Dislocation-limited Thermal Transport in Silicon Carbide Dislocations from Machine-learning Molecular Dynamics

Abstract Silicon carbide (SiC) emerges as a promising wide-bandgap semiconductor featuring high breakdown field and outstanding thermal conductivity, making it promising for high-power application. Although extensive efforts have been devoted to understanding and controlling dislocations in SiC, the fundamental relationship between dislocations and thermal transport remains insufficiently understood. The major challenge lies in the giant supercell size required for reliable dislocation modelling. Here, we employ machine-learning molecular dynamic with neuroevolution potential (NEP) designed for modeling extended defects in SiC to overcome the computational challenge for phonon-dislocation interaction.
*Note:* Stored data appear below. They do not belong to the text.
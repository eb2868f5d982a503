// A script, and why a text is none.
ghost use Rattle.std.specs.Prelude.{◌≡◌};

use npf_types::{Dir, List, Name, NoMemory, Prefix, Text};
use std::alloc::AllocFailed;
use thiserror::Error;

/// The commands of a run's script, each with the number of its line, from 1.
#[derive(Debug, Drop)]
pub struct Script {
    pub lines: List<(u32, ScriptLine)>,
}

/// A command of a script.
#[derive(Debug, Drop)]
pub enum ScriptLine {
    /// The packets of the file came on the interface in this direction.
    Capture { name: Name, dir: Dir, file: Text },
    /// Begins a phase.
    Phase,
    /// How many packets the phase has; None for all that are left.
    Packets(Option<u64>),
    /// The file's configuration is published.
    Reload { file: Text },
    /// The rule that the text writes is added to the ruleset.
    RuleAdd { name: Name, text: Text },
    /// The rule of this number is taken out of the ruleset.
    RuleRem { name: Name, id: u32 },
    /// All rules are taken out of the ruleset.
    RuleFlush { name: Name },
    /// The prefix is added to the table.
    TableAdd { name: Name, prefix: Prefix },
    /// The prefix is taken out of the table.
    TableRem { name: Name, prefix: Prefix },
    /// The connections that are due at this moment, in nanoseconds, expire.
    Expire(u64),
}

/// Why a script isn't read.
#[derive(Clone, Copy, Debug, PartialEq, Eq, Error)]
pub enum ScriptFault {
    /// This line, counted from 1, is the first that is no command, or stands where its command may not.
    #[error("line {line} is no command of a script")]
    BadLine { line: u32 },
    /// Memory ran out.
    #[error("out of memory")]
    NoMemory,
}

impl From<NoMemory> for ScriptFault {
    ghost use Rattle.npf_ctl_script.specs.declared.script.ScriptFault.TheVariants as fault;

    ghost from_gives = { λ _ e. e ≡ fault.NoMemory };

    fn from(_error: NoMemory) -> ScriptFault {
        ScriptFault::NoMemory
    }
}

impl<T: Drop> From<AllocFailed<T>> for ScriptFault {
    ghost use Rattle.npf_ctl_script.specs.declared.script.ScriptFault.TheVariants as fault;

    ghost from_gives = { λ _ e. e ≡ fault.NoMemory };

    fn from(_error: AllocFailed<T>) -> ScriptFault {
        ScriptFault::NoMemory
    }
}
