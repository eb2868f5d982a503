// What holds of the value of all instructions. The functions do nothing: each is a theorem. Steps are counted along the recursion by which
// the value is said, so no counter is kept as a program runs.
ghost use Rattle.npf_bpf.specs.ValueLaw.{StepsWithinLength, TellsValueBehind};

/// Behind other instructions the value is that of what stands there: so a fragment of a program can
/// be told by itself, and a distance that passes over instructions doesn't ask what they are.
pub fn value_behind_others()
    ensures { TellsValueBehind }
{}

/// A program takes at most as many steps as it has instructions, from any of them on.
pub fn takes_at_most_one_step_an_instruction()
    ensures { StepsWithinLength }
{}
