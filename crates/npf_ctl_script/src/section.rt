// Where a script stands, and which commands may come next.
ghost use Rattle.std.specs.Prelude.{◌≡◌};
ghost use Rattle.npf_ctl_script.specs.Commands.{command_of};
ghost use Rattle.npf_ctl_script.specs.Sections.{after_command, takes};

use crate::command::LineCommand;
use crate::script::ScriptLine;

/// Where a script stands.
#[derive(Clone, Copy)]
pub(crate) enum Section {
    /// No phase has begun.
    Captures,
    /// In a phase of which it isn't said how many packets it has.
    Phase,
    /// In a phase of which it is.
    PhaseWithPackets,
}

impl Section {
    /// Whether a line with this command may come next.
    pub(crate) fn takes(self, command: LineCommand) -> bool
        ensures { result ≡ takes self command }
    {
        match self {
            Section::Captures => matches!(command, LineCommand::Capture | LineCommand::Phase),
            Section::Phase => !matches!(command, LineCommand::Capture),
            Section::PhaseWithPackets => !matches!(
                command,
                LineCommand::Capture | LineCommand::Packets
            ),
        }
    }

    /// Where the script stands behind the line.
    pub(crate) fn after(self, line: &ScriptLine) -> Section
        ensures { result ≡ after_command self (command_of line.now) }
    {
        match line {
            ScriptLine::Phase => Section::Phase,
            ScriptLine::Packets(_) => Section::PhaseWithPackets,
            _ => self,
        }
    }
}
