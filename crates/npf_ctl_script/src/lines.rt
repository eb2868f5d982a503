// The text of a script, line by line.
ghost use Rattle.std.specs.Prelude.{◌≤◌, IfErr, IfOk, length};
ghost use Rattle.npf_ctl_script.specs.Lines.{AnswersLine, IsScript, RefusesScript};

use crate::arguments::read_arguments;
use crate::command::command_of;
use crate::script::{Script, ScriptFault, ScriptLine};
use crate::section::Section;
use crate::words::{is_skipped, split_word};
use npf_types::limits::MAX_TEXT_BYTES;
use npf_types::{List, NoMemory};
use std::alloc::Global;

/// Reads the text of a script, of at most `MAX_TEXT_BYTES` bytes. Refused for its first line, counted from 1, that is no command or
/// stands where its command may not, or for want of memory.
pub fn read_script(alloc: Global, text: &[u8]) -> Result<Script, ScriptFault>
    requires { length text.now ≤ MAX_TEXT_BYTES }
    ensures ok { IfOk result (λ script. IsScript text.now script.lines) }
    ensures err { IfErr result (RefusesScript text.now) }
{
    let mut lines = Vec::new(alloc);
    let mut section = Section::Captures;
    let mut number = 0u32;
    for line in text.split(|byte| *byte == b'\n') {
        number += 1;
        if is_skipped(line) {
            continue;
        }
        let Some(said) = read_line(alloc, section, line)? else {
            return Err(ScriptFault::BadLine { line: number });
        };
        section = section.after(&said);
        lines.push((number, said))?;
    }
    Ok(Script {
        lines: List::of_vec(lines),
    })
}

/// The command that the line is, None where it is none or may not come next.
fn read_line(alloc: Global, section: Section, line: &[u8]) -> Result<Option<ScriptLine>, NoMemory>
    ensures { IfOk result (AnswersLine section line.now) }
{
    let (word, behind) = split_word(line);
    let Some(command) = command_of(word) else {
        return Ok(None);
    };
    if !section.takes(command) {
        return Ok(None);
    }
    read_arguments(alloc, command, behind)
}
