// What is done to a ruleset or a table.
ghost use Rattle.std.specs.Prelude.{◌≡◌, ◌≢◌, MatchOption};
ghost use Rattle.npf_ctl_script.specs.declared.change_word.Verb.{Verb as VerbType};
ghost use Rattle.npf_ctl_script.specs.Commands.{verb_text};

/// The change of a ruleset or of a table.
#[derive(Clone, Copy)]
pub(crate) enum Verb {
    Add,
    RemId,
    Rem,
    Flush,
}

/// The change that the word names.
pub(crate) fn verb_of(word: &[u8]) -> Option<Verb>
    ensures { MatchOption result ((verb : VerbType) → word.now ≢ verb_text verb) (λ verb. word.now ≡ verb_text verb) }
{
    match word {
        b"add" => Some(Verb::Add),
        b"rem-id" => Some(Verb::RemId),
        b"rem" => Some(Verb::Rem),
        b"flush" => Some(Verb::Flush),
        _ => None,
    }
}
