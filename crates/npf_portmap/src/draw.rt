// The ports of a range, from a first one on, each once.
ghost use Rattle.std.specs.Prelude.{◌≡◌, ◌++◌, ℕ, List, slice_get, drop};
ghost use Rattle.npf_portmap.specs.Candidate.{candidates};

use crate::run::Run;
use std::marker::Model;

/// The ports that are left to be tried. Contracts see their list.
#[derive(Debug, Drop)]
pub struct PortDraw {
    above: Run,
    below: Run,
}

impl Model for PortDraw {
    ghost Value = { List ℕ };

    ghost view = { λ draw. draw.above ++ draw.below };
}

/// The ports of the range from `min` to `max`, both of which belong to it, in the order in which
/// they are tried: `first` to `max`, then `min` up to the port before `first`, also where `first`
/// isn't one of them.
pub fn candidates(min: u16, max: u16, first: u16) -> PortDraw
    ensures { result ≡ candidates min max first }
{
    PortDraw {
        above: Run::of(u32::from(first), u32::from(max) + 1),
        below: Run::of(u32::from(min), u32::from(first)),
    }
}

impl PortDraw {
    /// The next port to be tried. None exactly after all.
    pub fn next(&mut self) -> Option<u16>
        ensures port { result ≡ slice_get self.old 0 }
        ensures left { self.new ≡ drop 1 self.old }
    {
        if let Some(port) = self.above.take() {
            return Some(port);
        }
        self.below.take()
    }
}
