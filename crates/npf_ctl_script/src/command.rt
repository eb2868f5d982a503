// The first word of a line.
ghost use Rattle.std.specs.Prelude.{◌≡◌, ◌≢◌, MatchOption};
ghost use Rattle.npf_ctl_script.specs.declared.command.LineCommand.{LineCommand as CommandType};
ghost use Rattle.npf_ctl_script.specs.Commands.{command_text};

/// The command of a line.
#[derive(Clone, Copy)]
pub(crate) enum LineCommand {
    Capture,
    Phase,
    Packets,
    Reload,
    Rule,
    Table,
    Expire,
}

/// The command that the word is.
pub(crate) fn command_of(word: &[u8]) -> Option<LineCommand>
    ensures { MatchOption result ((command : CommandType) → word.now ≢ command_text command) (λ command. word.now ≡ command_text command) }
{
    match word {
        b"capture" => Some(LineCommand::Capture),
        b"phase" => Some(LineCommand::Phase),
        b"packets" => Some(LineCommand::Packets),
        b"reload" => Some(LineCommand::Reload),
        b"rule" => Some(LineCommand::Rule),
        b"table" => Some(LineCommand::Table),
        b"expire" => Some(LineCommand::Expire),
        _ => None,
    }
}
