// Classic BPF: the instructions of McCanne and Jacobson's packet filter machine ("The BSD Packet
// Filter: A New Architecture for User-level Packet Capture", USENIX 1993; bpf(4)), with the
// coprocessor call of NetBSD's bpf(4), and the validator.
//
// An instruction comes as four numbers, the way a kernel is given it (`Insn`). The table of bpf(4)
// says what it does: `decode` reads the table, and gives a named `Operation` or none. `insn` goes
// the other way, and what it gives is decoded to the same operation.
//
// What a program returns is its value, which specs/Value.antt gives by an equation for each row of
// the table; npf_bpfvm computes it. Each calculation is on a state of A, X and M (specs/State.antt),
// a packet, and what a coprocessor tells (specs/Coprocessor.antt).
//
// The contract in words: `validate` accepts exactly the programs that keep the rules, and refuses
// any other at the first instruction that breaks one. So whoever holds a `Program` knows that each
// instruction is in the table, that no jump leaves the program, that no memory index is past the
// store, that no constant divisor is 0, and that the program can't run off its end.
#![tactic(auto)]

mod insn;
mod laws;
mod operation;
mod program;

pub use insn::Insn;
pub use laws::{takes_at_most_one_step_an_instruction, value_behind_others};
pub use operation::{
    Arithmetic, Comparison, Distances, MEMORY_WORDS, Operand, Operation, Width, decode,
};
pub use program::{BadInsn, MAX_INSNS, Program, validate};
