// What follows of the list of candidates.
ghost use Rattle.npf_portmap.specs.Laws.{EachPortOnce};

/// Where the first candidate lies in the range, each port of the range is a candidate once, and no other port is one.
#[tactic(auto, using(crate::proofs::CandidateLemmas::counting))]
pub fn each_port_once()
    ensures { EachPortOnce }
{}
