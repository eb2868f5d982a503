// What holds of packets that are rewritten. The functions do nothing: each is a theorem.
ghost use Rattle.npf_rewrite.specs.Lengths.{NormalisedKeepsLengths, SentKeepsLengths, TranslatedKeepsLengths};
ghost use Rattle.npf_rewrite.specs.NormalisedFacts.{NormalisedDecodes};
ghost use Rattle.npf_rewrite.specs.NormalisedFields.{NormalisedHasFields};
ghost use Rattle.npf_rewrite.specs.NormalisedVerified.{NormalisedHeaderFollows, NormalisedUpperFollows};
ghost use Rattle.npf_rewrite.specs.Room.{DecodedHasRoom};
ghost use Rattle.npf_rewrite.specs.SentLaw.{SentIsPacket};
ghost use Rattle.npf_rewrite.specs.TranslatedFacts.{TranslatedDecodes};
ghost use Rattle.npf_rewrite.specs.Verified.{AbsentSumStays, HeaderSumFollows, NeutralHeaderSumFollows, NeutralUpperSumFollows, UpperSumFollows};

use npf_packet::decoded_has_places;

/// A decoded packet may be rewritten.
pub fn decoded_has_room()
    ensures { DecodedHasRoom }
{
    decoded_has_places();
}

/// Where a change isn't neutral, the sum of an IPv4 header that verified still verifies.
pub fn header_sum_follows()
    ensures { HeaderSumFollows }
{}

/// Where a change isn't neutral, the sum of TCP, UDP, ICMP or ICMPv6 that verified still verifies,
/// with the pseudo-header of its header's addresses; a datagram of UDP over IPv4 without a sum aside.
pub fn upper_sum_follows()
    ensures { UpperSumFollows }
{}

/// Where a change is neutral, writes no port and leaves the sum of the address words the same, the
/// sums that verified still verify (RFC 6296 section 3.6).
pub fn neutral_sums_follow()
    ensures header { NeutralHeaderSumFollows }
    ensures upper { NeutralUpperSumFollows }
{}

/// A datagram of UDP over IPv4 without a sum has none after a translation.
pub fn absent_sum_stays()
    ensures { AbsentSumStays }
{}

/// A translated packet decodes to the facts of the change: the same protocol, places and lengths,
/// with the named addresses and ports.
pub fn translated_decodes()
    ensures { TranslatedDecodes }
{}

/// All in front of a packet's IP header, its version and its lengths stay whatever is sent of it.
pub fn sent_keeps_lengths()
    ensures translated { TranslatedKeepsLengths }
    ensures normalised { NormalisedKeepsLengths }
    ensures sent { SentKeepsLengths }
{}

/// A normalised packet decodes to the same facts.
pub fn normalised_decodes()
    ensures { NormalisedDecodes }
{}

/// In a normalised packet the time to live, the bit "don't fragment" and the maximum segment size are
/// as the action says.
pub fn normalised_has_fields()
    ensures { NormalisedHasFields }
{}

/// The sum of an IPv4 header and that of what is carried, where they verified, still verify in a
/// normalised packet.
pub fn normalised_sums_follow()
    ensures header { NormalisedHeaderFollows }
    ensures upper { NormalisedUpperFollows }
{}

/// What is sent of a packet, normalised and then translated, is that packet with the ends of the
/// change: it has its lengths, it decodes to the facts of the change, and the sums that verified
/// verify.
pub fn sent_is_packet()
    ensures { SentIsPacket }
{}
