// Normalisation (npf.conf(5), "Procedures"); specs/Normalised.antt says which words it writes. A maximum segment size at an odd place lies
// across two words. All that is asked is about places, so what was normalised may be translated by the same facts.
ghost use Rattle.std.specs.Prelude.{◌≡◌, ◌+◌, ◌-◌, ◌/◌, ◌%◌, ◌<◌, ◌≤◌, ◌==◌, ◌^◌, ◌++◌, ℕ, length, slice_index, IfSome, IsTrue};
ghost use Rattle.npf_rewrite.specs.Normalised.{Normalised, aligned, cleared_fragment, header_writes, joined, lowered_mss, lowered_to, mss_write, raised_ttl, segment_sum};
ghost use Rattle.npf_rewrite.specs.Room.{HasRoom, IsMssWrite};
ghost use Rattle.npf_rewrite.specs.Sum.{sum_after};
ghost use Rattle.npf_rewrite.specs.Translated.{header_sum};
ghost use Rattle.npf_rewrite.specs.Word.{AllWithin, word_list};

use crate::sum::{ZERO, sum_after_named, sum_after_word};
use crate::word::{WordAt, write_named};
use npf_fields::get16;
use npf_types::{Action, Addr, Facts, L4};

/// The offsets of the headers' fields, in bytes.
mod field {
    pub const IPV4_FRAGMENT: usize = 6;

    pub const IPV4_TTL: usize = 8;

    pub const IPV4_PROTOCOL: usize = 9;

    pub const IPV4_CHECKSUM: usize = 10;

    pub const IPV6_NEXT_HEADER: usize = 6;

    pub const IPV6_HOP_LIMIT: usize = 7;

    pub const TCP_CHECKSUM: usize = 16;
}

/// The bit "don't fragment" of IPv4's fragment field.
const DONT_FRAGMENT: u16 = 0x4000;

/// Does what the action says to the packet with these facts, which are those of its bytes: a time
/// to live or hop limit below `min_ttl` is raised to it, `no_df` clears the bit "don't fragment" of
/// IPv4, and a maximum segment size above `max_mss` is lowered to it in a segment with the flag S.
/// The sums follow (RFC 1624).
pub fn normalize(bytes: &mut [u8], facts: &Facts, action: &Action)
    requires { HasRoom (length bytes.old) facts.now }
    ensures { Normalised bytes.old facts.now action.now bytes.new }
{
    let ttl = raised_ttl(bytes, facts, action.min_ttl);
    let fragment = cleared_fragment(bytes, facts, action.no_df);
    let mss = lowered_mss(bytes, facts, action.max_mss);
    let header = header_sum(bytes, facts, ttl, fragment);
    let segment = segment_sum(bytes, facts, mss);
    write_named(bytes, ttl);
    write_named(bytes, fragment);
    write_named(bytes, mss);
    write_named(bytes, header);
    write_named(bytes, segment);
}

/// The word with the time to live or the hop limit, where that is below the least.
fn raised_ttl(bytes: &[u8], facts: &Facts, min_ttl: Option<u8>) -> Option<WordAt>
    requires { HasRoom (length bytes.now) facts.now }
    ensures { result ≡ raised_ttl bytes.now facts.now.ip_at facts.now.src min_ttl }
{
    let Some(least) = min_ttl else {
        return None;
    };
    match facts.src {
        Addr::V4(_) => raised_v4(bytes, facts.ip_at as usize, least),
        Addr::V6(_) => raised_v6(bytes, facts.ip_at as usize, least),
    }
}

fn raised_v4(bytes: &[u8], ip_at: usize, least: u8) -> Option<WordAt>
    requires header { ip_at + 20 ≤ length bytes.now }
    requires place { ip_at < 2 ^ 32 }
    ensures { (a : ℕ) → result ≡ raised_ttl bytes.now ip_at (Addr.V4 a) (Some least) }
{
    let at = ip_at + field::IPV4_TTL;
    if bytes[at] < least {
        let value = joined(least, bytes[ip_at + field::IPV4_PROTOCOL]);
        Some(WordAt { at, value })
    } else {
        None
    }
}

fn raised_v6(bytes: &[u8], ip_at: usize, least: u8) -> Option<WordAt>
    requires header { ip_at + 40 ≤ length bytes.now }
    requires place { ip_at < 2 ^ 32 }
    ensures { (a : ℕ) → result ≡ raised_ttl bytes.now ip_at (Addr.V6 a) (Some least) }
{
    let at = ip_at + field::IPV6_NEXT_HEADER;
    if bytes[ip_at + field::IPV6_HOP_LIMIT] < least {
        let value = joined(bytes[at], least);
        Some(WordAt { at, value })
    } else {
        None
    }
}

/// The fragment field without "don't fragment", where the bit is set.
fn cleared_fragment(bytes: &[u8], facts: &Facts, no_df: bool) -> Option<WordAt>
    requires { HasRoom (length bytes.now) facts.now }
    ensures { result ≡ cleared_fragment bytes.now facts.now.ip_at facts.now.src no_df }
{
    match (facts.src, no_df) {
        (Addr::V4(_), true) => {
            let at = facts.ip_at as usize + field::IPV4_FRAGMENT;
            let value = get16(bytes, at);
            if is_set(value) {
                Some(WordAt {
                    at,
                    value: value - DONT_FRAGMENT,
                })
            } else {
                None
            }
        }
        _ => None,
    }
}

/// Whether "don't fragment" is set.
fn is_set(field: u16) -> bool
    ensures value { result ≡ (field / 0x4000 % 2 == 1) }
    ensures least { IsTrue result → 0x4000 ≤ field }
{
    field >> 14 & 1 == 1
}

/// The maximum segment size of a segment with the flag S, where it is above the most.
fn lowered_mss(bytes: &[u8], facts: &Facts, max_mss: Option<u16>) -> Option<WordAt>
    requires { HasRoom (length bytes.now) facts.now }
    ensures value { result ≡ lowered_mss bytes.now facts.now.l4 max_mss }
    ensures option { IfSome result (IsMssWrite (length bytes.now) facts.now) }
{
    match (facts.l4, max_mss) {
        (
            L4::Tcp {
                seg,
                mss_at: Some(at),
                ..
            },
            Some(most),
        ) if has_syn(seg.flags) => {
            let at = at as usize;
            if most < get16(bytes, at) {
                Some(WordAt { at, value: most })
            } else {
                None
            }
        }
        _ => None,
    }
}

/// Whether the flag S is set.
fn has_syn(flags: u8) -> bool
    ensures { result ≡ (flags / 2 % 2 == 1) }
{
    flags >> 1 & 1 == 1
}

/// The sum of a header of IPv4 once these of its words are written.
fn header_sum(
    bytes: &[u8],
    facts: &Facts,
    ttl: Option<WordAt>,
    fragment: Option<WordAt>,
) -> Option<WordAt>
    requires room { HasRoom (length bytes.now) facts.now }
    requires ttl { AllWithin (length bytes.now) (word_list ttl) }
    requires fragment { AllWithin (length bytes.now) (word_list fragment) }
    ensures { result ≡ header_sum bytes.now facts.now.ip_at facts.now.src (word_list ttl ++ word_list fragment) }
{
    match facts.src {
        Addr::V4(_) => {
            let at = facts.ip_at as usize + field::IPV4_CHECKSUM;
            let sum = sum_after_named(ZERO, bytes, ttl, get16(bytes, at));
            let value = sum_after_named(ZERO, bytes, fragment, sum);
            Some(WordAt { at, value })
        }
        Addr::V6(_) => None,
    }
}

/// The sum of a segment once its maximum segment size is written.
fn segment_sum(bytes: &[u8], facts: &Facts, mss: Option<WordAt>) -> Option<WordAt>
    requires { IfSome mss (IsMssWrite (length bytes.now) facts.now) }
    ensures { result ≡ segment_sum bytes.now facts.now.l4_at mss }
{
    match mss {
        Some(word) => {
            let at = facts.l4_at as usize + field::TCP_CHECKSUM;
            let value = sum_after_option(bytes, facts.l4_at as usize, word, get16(bytes, at));
            Some(WordAt { at, value })
        }
        None => None,
    }
}

/// The sum of what begins at `header_at` once an option's number is written.
fn sum_after_option(bytes: &[u8], header_at: usize, word: WordAt, sum: u16) -> u16
    requires after { header_at + 20 ≤ word.at }
    requires before { word.at + 2 ≤ length bytes.now }
    requires place { word.at < 2 ^ 32 }
    ensures { result ≡ sum_after 0 bytes.now (aligned bytes.now header_at word) sum }
{
    if (word.at - header_at) % 2 == 0 {
        return sum_after_word(ZERO, sum, get16(bytes, word.at), word.value);
    }
    let before = bytes[word.at - 1];
    let behind = byte_behind(bytes, word.at + 2);
    let upper = joined(before, (word.value >> 8) as u8);
    let lower = joined((word.value & 0xff) as u8, behind);
    let sum = sum_after_word(ZERO, sum, joined(before, bytes[word.at]), upper);
    sum_after_word(ZERO, sum, joined(bytes[word.at + 1], behind), lower)
}

/// The byte at a place; behind the last, 0 fills a sum's last word (RFC 1071 section 4.1).
fn byte_behind(bytes: &[u8], at: usize) -> u8
    ensures { result ≡ slice_index bytes.now at }
{
    if at < bytes.len() { bytes[at] } else { 0 }
}

/// Two bytes as a word.
fn joined(upper: u8, lower: u8) -> u16
    ensures { result ≡ joined upper lower }
{
    256 * u16::from(upper) + u16::from(lower)
}
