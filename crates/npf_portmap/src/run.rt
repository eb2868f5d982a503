// Numbers from one to another, in order.
ghost use Rattle.std.specs.Prelude.{◌≡◌, ◌≤◌, ◌-◌, ℕ, List, slice_get, drop};
ghost use Rattle.std.specs.List.{range_with_len};

use std::marker::Model;

/// Ports one behind the other, from `next` up to `end`, which doesn't belong to them. Contracts see
/// their list.
#[derive(Debug, Drop)]
pub struct Run {
    next: u32,
    end: u32,
}

impl Model for Run {
    ghost Value = { List ℕ };

    ghost view = { λ run. range_with_len run.next (run.end - run.next) };

    ghost invariant = { λ run. run.end ≤ 65536 };
}

impl Run {
    /// The ports from `next` up to `end`.
    pub fn of(next: u32, end: u32) -> Run
        requires { end ≤ 65536 }
        ensures { result ≡ range_with_len next (end - next) }
    {
        Run { next, end }
    }

    /// Takes the first port. None exactly where none is left.
    #[tactic(auto, using(crate::proofs::CandidateLemmas::taking))]
    pub fn take(&mut self) -> Option<u16>
        ensures port { result ≡ slice_get self.old 0 }
        ensures left { self.new ≡ drop 1 self.old }
    {
        if self.next >= self.end {
            return None;
        }
        let port = self.next as u16;
        self.next += 1;
        Some(port)
    }
}
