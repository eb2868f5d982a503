// The words of addresses (RFC 791 section 3.1, RFC 8200 section 3).
ghost use Rattle.std.specs.Prelude.{◌≡◌, ◌+◌, ◌<◌, ◌≤◌, ◌^◌, length};
ghost use Rattle.npf_rewrite.specs.Address.{end_words, word_of, words_v4, words_v6};
ghost use Rattle.npf_rewrite.specs.Sum.{sum_after};
ghost use Rattle.npf_rewrite.specs.Word.{AllWithin, Rewrites};

use crate::sum::sum_after;
use crate::word::{WordAt, write_words};
use npf_types::{Addr, End};

/// Writes the address of an end, where there is one.
pub fn write_end(bytes: &mut [u8], at: usize, end: &Option<End>)
    requires room { AllWithin (length bytes.old) (end_words at end.now) }
    requires place { at < 2 ^ 33 }
    ensures { Rewrites bytes.old (end_words at end.now) bytes.new }
{
    if let Some(end) = *end {
        match end.addr {
            Addr::V4(a) => write_words(bytes, &words_v4(at, a)),
            Addr::V6(a) => write_words(bytes, &words_v6(at, a)),
        }
    }
}

/// The sum once the address of an end is written.
pub fn sum_after_end(zero: u16, bytes: &[u8], at: usize, end: &Option<End>, sum: u16) -> u16
    requires room { AllWithin (length bytes.now) (end_words at end.now) }
    requires place { at < 2 ^ 33 }
    ensures { result ≡ sum_after zero bytes.now (end_words at end.now) sum }
{
    match *end {
        Some(end) => match end.addr {
            Addr::V4(a) => sum_after(zero, bytes, &words_v4(at, a), sum),
            Addr::V6(a) => sum_after(zero, bytes, &words_v6(at, a), sum),
        },
        None => sum,
    }
}

fn words_v4(at: usize, a: u32) -> [WordAt; 2]
    requires { at < 2 ^ 33 }
    ensures { result ≡ words_v4 at a }
{
    let a = u128::from(a);
    [
        WordAt {
            at,
            value: word_of(a, 16),
        },
        WordAt {
            at: at + 2,
            value: word_of(a, 0),
        },
    ]
}

fn words_v6(at: usize, a: u128) -> [WordAt; 8]
    requires { at < 2 ^ 33 }
    ensures { result ≡ words_v6 at a }
{
    [
        WordAt {
            at,
            value: word_of(a, 112),
        },
        WordAt {
            at: at + 2,
            value: word_of(a, 96),
        },
        WordAt {
            at: at + 4,
            value: word_of(a, 80),
        },
        WordAt {
            at: at + 6,
            value: word_of(a, 64),
        },
        WordAt {
            at: at + 8,
            value: word_of(a, 48),
        },
        WordAt {
            at: at + 10,
            value: word_of(a, 32),
        },
        WordAt {
            at: at + 12,
            value: word_of(a, 16),
        },
        WordAt {
            at: at + 14,
            value: word_of(a, 0),
        },
    ]
}

/// The 16 bits of a number above so many.
fn word_of(a: u128, below: u32) -> u16
    requires { below < 128 }
    ensures { result ≡ word_of a below }
{
    (a >> below & 0xffff) as u16
}
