// Instructions of classic BPF (bpf(4)).

/// One instruction, as bpf(4)'s `struct bpf_insn` has it.
#[derive(Clone, Copy, PartialEq, Eq, Debug)]
pub struct Insn {
    /// The instruction's number in the table of bpf(4).
    pub code: u16,
    /// How many instructions a comparison that holds passes over.
    pub jt: u8,
    /// How many instructions a comparison that doesn't hold passes over.
    pub jf: u8,
    /// The constant, the offset, the memory index or the distance that the code asks for.
    pub k: u32,
}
Using this approach, we calculated the thermal conductivity over a range of temperatures and dislocation densities for typical dislocation types in SiC. The phonon-edge-dislocation scattering was found to be nonlinearly dependent on the dislocation density, which was attributed to the long-ranged dislocation-induced normal strain field. Spectral heat-current analysis further reveals that dislocations primarily scatter long-wavelength acoustic phonons below 20 THz. This work provides microscopic and quantitative perspective into the phonon-dislocation scattering mechanisms.